A projection of the potential future impact of antimicrobial resistance (which includes resistance to therapeutics for all infectious agents, including bacteria, viruses, and fungi) predicted that the 700,000 worldwide deaths currently attributable to antimicrobial-resistant infections could grow by 2050, if left unaddressed, to 10 million deaths per year – exceeding current estimates of annual deaths from cancer (8.2MM), diabetes (1.5MM), diarrheal disease (1.4MM) and road traffic accidents (1.2MM). Antibiotic resistance (resistance of bacteria to antibiotics) represents a very significant subset that has become the mission of an increasing number of emerging biopharmaceutical and diagnostic industry players. Following numerous discussions with expert consultants, we organized our thinking around the sentinel issues into five key realms – Novel Agents, Diagnostics, Regulatory and Policy Aspects, Economics and Incentives
- Both High-Risk, Truly Novel Agents And Lower-Risk Modifications Of Existing Agents Show Clinical Promise. While big pharma has largely exited the antibiotics space, pure play companies have started to fill the gap with novel drug candidates. Our physician consultants have noted that both highly novel, high-risk solutions and modifications of existing drugs are needed. We agree that this mixed approach is necessary to solve the issue of antibiotic resistance in both the short and long term. Promising new antibiotics include plazomicin (AKAO; NDA submitted) and SPR994 or tebipenem (SPRO; in Phase 1, potential Phase 3 start in 2H18), and promising combinations include Vabomere (MDCO; approved August 2017 for CRE) and C-Scape (AKAO; in Phase 1, potential Phase 3 start in 1H18). Promising non-traditional approaches involve bacteriophage proteins, Fabl inhibition, targeting outer membrane proteins (SPRO), antibodies, and the microbiome (MCRB).
- Rapid Diagnostics Are Badly Needed. To determine the right drug for the right patient at the right time, there is a logical and pressing need for faster diagnostics. Current efforts in this space include phenotypic susceptibility testing, sequencing (ILMN), and multiplexing (GNMK), but the ideal scenario (rapid, near-patient diagnostic assays) remains relatively far off. Given the challenge and importance of the diagnostics problem, we see companies with even modest advances in this area potentially gaining a significant foothold.
- Regulatory and Policy Environment Has Improved Since GAIN Act, But More Action Is Required. The Generating Antibiotic Incentives Now (GAIN) Act, passed in 2012, has brought much-needed incentives from the regulatory side: an additional five years of market exclusivity beyond the standard five years for a new chemical entity; priority review status that reduces the standard 12 months of NDA review to eight months; and fast track status that provides early and frequent communication with the FDA. Ten antibacterial drugs with the Qualified Infectious Disease Product (QIDP) designation have been approved since 2012. Still, better regulatory clarity and broader policy interventions are needed to increase incentives for the development of new antibacterial drugs. The leading companies, in our view, are conducting outcome studies that pit their novel agents against the best standard of care, especially in real-world settings where new agents are most vitally needed (e.g., not simply gram-negative infections, but multidrug-resistant gram-negative infections).
- Pricing And Reimbursement Environment Needs To Reflect Value Of Potentially Life-Saving Antibiotics. The Diagnosis-Related Group (DRG)-Based System used in the US and most of Europe is a major hurdle to overcome. A DRG “carve-out” system has been proposed and our expert consultants agree that such a system is needed to ensure access to new antibiotics when they are required. A broader problem with the economic model, though, is that price does not reflect the value of antibiotics to non-users.

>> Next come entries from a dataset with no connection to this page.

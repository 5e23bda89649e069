//! Chunks of arrays in memory.
ghost use Rattle.std.specs.Prelude.{◌≡◌, IsTrue, IfOk, Contains};
ghost use Rattle.std.specs.List.{AllByRecursion};
ghost use Rattle.std.specs.Option.{option_copied};
ghost use Rattle.array_geom.specs.Link.{NumbersRise, number_order, numbers, is_listed};
ghost use Rattle.logical_plan.specs.Meaning.{Database};
ghost use Rattle.chunk_source.specs.Source.{is_among, numbers_of, IsStored, AreNumbersIn, IsChunkIn};
ghost use Rattle.chunk_source.specs.Found.{IsStoredArray, array_of, database_of, numbers_in, IsRead, listed_of};

use crate::memory::leaf_array::{LeafArray, is_of};
use array_geom::Chunk;
use cell_values::{ChunkAt, List, Memory, compare_numbers, copy_numbers};
use logical_plan::Leaf;
use std::alloc::Global;
use std::cmp::Ordering;

/// The array of a leaf.
fn array_of<'a>(arrays: &'a [LeafArray], leaf: &Leaf) -> Option<&'a LeafArray>
    ensures { option_copied result ≡ array_of arrays.now leaf.now.name leaf.now.version }
{
    arrays.iter().find(|stored| is_of(stored, leaf))
}

fn numbers_of(alloc: Global, chunks: &[Chunk]) -> Result<List<ChunkAt>, Memory>
    ensures { IfOk result (λ found. found ≡ numbers_in chunks.now) }
{
    let mut numbers = List::with_capacity(alloc, chunks.len())?;
    for chunk in chunks {
        numbers.push(copy_numbers(&chunk.at))?;
    }
    Ok(numbers)
}

fn order_of(chunk: &Chunk, at: &ChunkAt) -> Ordering
    ensures { result ≡ number_order chunk.now.at.items at.now.items }
{
    compare_numbers(&chunk.at, at)
}

/// The chunk of a number, among chunks by their rising numbers.
fn chunk_at<'a>(chunks: &'a [Chunk], at: &ChunkAt) -> &'a Chunk
    requires rising { NumbersRise (numbers chunks.now) }
    requires listed { IsTrue (is_listed at.now.items (numbers chunks.now)) }
    ensures number { result.now.at ≡ at.now }
    ensures among { Contains chunks.now result.now }
{
    match chunks.binary_search_by(|chunk| order_of(chunk, at)) {
        Ok(place) => &chunks[place],
        Err(_) => unreachable!(),
    }
}

/// The numbers of the chunks of a leaf, rising. A version 0 has none.
pub(crate) fn listed_in(arrays: &List<LeafArray>, leaf: &Leaf) -> Result<List<ChunkAt>, Memory>
    requires stored { AllByRecursion IsStoredArray arrays.now }
    requires reads { IsRead arrays.now leaf.now }
    ensures listed { IfOk result (λ chunks. chunks ≡ listed_of arrays.now leaf.now) }
    ensures rising { IfOk result (λ chunks. NumbersRise (numbers_of chunks)) }
    ensures told { IfOk result (λ chunks. (db : Database) → db ≡ database_of arrays.now → AreNumbersIn db leaf.now chunks) }
{
    if leaf.version == 0 {
        return Ok(arrays.another());
    }
    match array_of(arrays.as_slice(), leaf) {
        Some(stored) => numbers_of(arrays.allocator(), stored.array.chunks.as_slice()),
        None => Ok(arrays.another()),
    }
}

/// A chunk of a leaf.
pub(crate) fn chunk_in(arrays: &List<LeafArray>, leaf: &Leaf, at: &ChunkAt) -> Result<Chunk, Memory>
    requires stored { AllByRecursion IsStoredArray arrays.now }
    requires reads { IsRead arrays.now leaf.now }
    requires listed { IsTrue (is_among at.now (listed_of arrays.now leaf.now)) }
    ensures stored { IfOk result (IsStored leaf.now.schema at.now) }
    ensures told { IfOk result (λ chunk. (db : Database) → db ≡ database_of arrays.now → IsChunkIn db leaf.now chunk) }
{
    match array_of(arrays.as_slice(), leaf) {
        Some(stored) => chunk_at(stored.array.chunks.as_slice(), at).copy(),
        None => unreachable!(),
    }
}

- Incentives “On All Fronts” Are Required To Propel The Revival That Has Begun. What is clear to us after interviewing physician, pharmacist, and industry consultants is that one or two changes are unlikely to change the incentive structure significantly. Both “push” incentives (to draw companies into development) and “pull” incentives (to award successful market entry) are needed. The Priority Antimicrobial Value and Entry (PAVE) Award appears to be one of the more comprehensive and forward-thinking proposals, because it delinks revenue and sales volume, but until such a system is implemented, pricing and reimbursement remain critical. In the current system, physicians often “save the best for last” and seem unwilling to use new treatment options because of cost constraints, although antibiotic stewardship actually involves prompt, appropriate use of new antibiotics.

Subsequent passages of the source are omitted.